With the shares selling off more than 20% in after-hours trading, investors have to figure out whether this stock's weight loss is permanent or whether, like many of its customers, it could be on a yo-yo.

To start, I'm going to lay my cards on the table and admit that I didn't see this coming. I thought investors were being a bit irrational after the second-quarter earnings report when they sold the shares following a strong report and slightly weak guidance (that has now been revised to really weak). So when considering anything I say about the name, remember that I have been dead wrong about it to date.

That said, after last night's after-hours selloff, the stock now trades for just more than 10 times its trailing 12-month free cash flow. From that multiple, I feel like I can earn an adequate return even if the company doesn't grow; all it needs to do is maintain its current levels of cash flow.

The problem is that the aforementioned growth has taken the cash flow off the charts. For example, if the growth had been steady, I might feel that free cash flow could retract to the $60 million the company posted in 2006, rather than the $108 million it gained in the last half of that year and the first half of 2007. While that would be a sharp cutback, the free cash flow yield would still offer support from which I would hope for growth.

But what if cash flow dropped to 2005 levels? It is surely possible that NutriSystem, a company more than 30 years old, could drop back to the levels seen two years ago, is it not? Well, if it is possible, it would be a big problem. In 2005, NutriSystem's free cash flow was only $12 million. Next to nothing. And I don't even want to think about 2004.

So, from my point of view, NutriSystem doesn't qualify as a sound investment opportunity right now, despite an apparently cheap valuation. It might, however, be worth a trade.

One guy who did get this story right was Citigroup's Gregory Badishkanian, who warned last month that sales may suffer in the short term as dieters try out GlaxoSmithKline's (GSK) new over-the-counter weight-loss drug, Alli. He also noted that the comparisons to last year's third quarter are difficult because that's when Dan Marino joined the company as spokesman. And of course, October is not known as the time to start a diet.
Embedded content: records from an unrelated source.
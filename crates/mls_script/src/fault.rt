//! Why a script is refused, and where.
ghost use Rattle.std.specs.Prelude.{◌≡◌};
ghost use Rattle.mls_script.specs.Fault.{code_of, word_of, on_line, in_line};

use mls_lattice::words;
use mls_parser::{PlacedFault, TextCause};
use std::fmt;
use thiserror::Error;

/// Why a script is refused.
#[derive(Clone, Copy, PartialEq, Eq, Debug, Error)]
pub enum ScriptCause {
    /// No token stands here.
    Token = 21,
    /// No command goes on so.
    Expected,
    /// A name is unknown.
    UnknownName,
    /// A value has the wrong kind, or a list the wrong length.
    Kind,
    /// A name stands twice.
    Repeated,
    /// The parts of a condition are nested too deeply, or it has too many tests.
    Depth,
    /// A text is too long.
    TooLong,
    /// A growth was refused.
    Memory = 29,
    /// The last line has no end.
    Unterminated,
}

/// The names of the causes, in the order of their numbers; 28 is told of transactions alone.
static WORDS: [&str; 10] = words! {
    Token Expected UnknownName Kind Repeated Depth TooLong LabelOrder Memory Unterminated
};

impl ScriptCause {
    /// The number of the cause.
    pub fn code(self) -> u8
        ensures { result ≡ code_of self }
    {
        self as u8
    }

    /// The name of the cause.
    pub fn word(self) -> &'static str
        ensures { result.now ≡ word_of self }
    {
        WORDS[self as usize - 21]
    }
}

/// The name of the fault.
impl fmt::Display for ScriptCause {
    fn fmt<W: fmt::Write>(&self, f: &mut fmt::Formatter<W>) -> fmt::Result {
        f.write_str(self.word())
    }
}

/// Where in a script which fault stands: lines and bytes of a line are counted from 1.
#[derive(Clone, Copy, PartialEq, Eq, Debug, Error)]
#[error("line {line}, column {column}: {cause}")]
pub struct ScriptFault {
    pub line: usize,
    pub column: usize,
    pub cause: ScriptCause,
}

/// Where in a line which fault stands: bytes are counted from 1.
#[derive(Clone, Copy)]
pub(crate) struct LineFault {
    pub at: usize,
    pub cause: ScriptCause,
}

impl LineFault {
    /// The fault, in the line of a number.
    pub fn in_line(self, line: usize) -> ScriptFault
        ensures { result ≡ in_line line self }
    {
        ScriptFault {
            line,
            column: self.at,
            cause: self.cause,
        }
    }
}

/// A fault of what is read of a line, which has none of the order of labels.
impl From<PlacedFault> for LineFault {
    ghost from_gives = { λ f e. e ≡ on_line f };

    fn from(fault: PlacedFault) -> LineFault {
        let cause = match fault.cause {
            TextCause::Token => ScriptCause::Token,
            TextCause::Expected => ScriptCause::Expected,
            TextCause::UnknownName => ScriptCause::UnknownName,
            TextCause::Kind | TextCause::LabelOrder => ScriptCause::Kind,
            TextCause::Repeated => ScriptCause::Repeated,
            TextCause::Depth => ScriptCause::Depth,
            TextCause::TooLong => ScriptCause::TooLong,
            TextCause::Memory => ScriptCause::Memory,
        };
        LineFault {
            at: fault.at,
            cause,
        }
    }
}
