//! The verbs of commands, and those of the commands of a batch.
ghost use Rattle.std.specs.Prelude.{◌≡◌};
ghost use Rattle.mls_script.specs.Grammar.{verb_word, verb_among, one_word, one_among};

/// What a command begins with.
#[derive(Clone, Copy)]
pub(crate) enum Verb {
    Open,
    Close,
    Audit,
    View,
    Count,
    Dump,
    Insert,
    Update,
    Delete,
    Call,
    All,
}

/// Every verb.
pub(crate) static VERBS: [Verb; 11] = [
    Verb::Open,
    Verb::Close,
    Verb::Audit,
    Verb::View,
    Verb::Count,
    Verb::Dump,
    Verb::Insert,
    Verb::Update,
    Verb::Delete,
    Verb::Call,
    Verb::All,
];

impl Verb {
    fn word(self) -> &'static str
        ensures { result.now ≡ verb_word self }
    {
        match self {
            Verb::Open => "open",
            Verb::Close => "close",
            Verb::Audit => "audit",
            Verb::View => "view",
            Verb::Count => "count",
            Verb::Dump => "dump",
            Verb::Insert => "insert",
            Verb::Update => "update",
            Verb::Delete => "delete",
            Verb::Call => "call",
            Verb::All => "all",
        }
    }
}

/// The first of some verbs that has a word.
pub(crate) fn verb_among(verbs: &[Verb], word: &str) -> Option<Verb>
    ensures { result ≡ verb_among verbs.now word.now }
{
    for verb in verbs {
        if word == verb.word() {
            return Some(*verb);
        }
    }
    None
}

// ---- in a batch

/// What a command of a batch begins with.
#[derive(Clone, Copy)]
pub(crate) enum OneVerb {
    View,
    Count,
    Expect,
    Insert,
    Update,
    Delete,
}

/// Every verb of a batch.
pub(crate) static ONE_VERBS: [OneVerb; 6] = [
    OneVerb::View,
    OneVerb::Count,
    OneVerb::Expect,
    OneVerb::Insert,
    OneVerb::Update,
    OneVerb::Delete,
];

impl OneVerb {
    fn word(self) -> &'static str
        ensures { result.now ≡ one_word self }
    {
        match self {
            OneVerb::View => "view",
            OneVerb::Count => "count",
            OneVerb::Expect => "expect",
            OneVerb::Insert => "insert",
            OneVerb::Update => "update",
            OneVerb::Delete => "delete",
        }
    }
}

/// The first of some verbs of a batch that has a word.
pub(crate) fn one_among(verbs: &[OneVerb], word: &str) -> Option<OneVerb>
    ensures { result ≡ one_among verbs.now word.now }
{
    for verb in verbs {
        if word == verb.word() {
            return Some(*verb);
        }
    }
    None
}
The tough comparisons are likely to continue, but Badishkanian doesn't expect dieters to enjoy the digestive side effects of taking Alli for very long. After we gorge ourselves this holiday season, we are likely to make the same New Year's resolutions we have often made in the past. And in each of the last three years, NutriSystem has enjoyed a strong rally from January through April.

Personally, I feel like I would benefit more from the product than from the stock at this point. If the shares are still down in late December, I may even attempt the seasonal trade, and by the time that is done, there may be a little more clarity about the sustainability of free cash flow.

In any case, making the resolution play will require a good deal of resolve about this volatile stock.
 
this market is gonna need a break ... GS just dropped 4
 
Broker - tough one. Keep your head up.

What I don't get is that management recently reiterated guidance, no? At a conference or something? Am I remembering right? Is there a mgmnt crisis at NTRI?

I don't have faith in these jokers. There are better places to put money.

BOOMER
 
As I strolled thru the frozen food section, I thought to myself, $11 bucks a day is kinda expensive in comparision to Weight Watchers or Lean Cuisine which I can buy for roughly $6-$8 bucks a day.

Cramer revealed what I believe to be the real issue -- their food all kinda tastes the same.
 
I was seduced by the 11x multiple, high growth rate, and attractive free cash flow generation and ignored a couple of classic red flags. I paid for it. This POS was almost 9% of my portfolio so it single handedly knocked about 3% off my YTD performance in a day. Fuck NTRI. I hope everyone wakes up skinny tomorrow.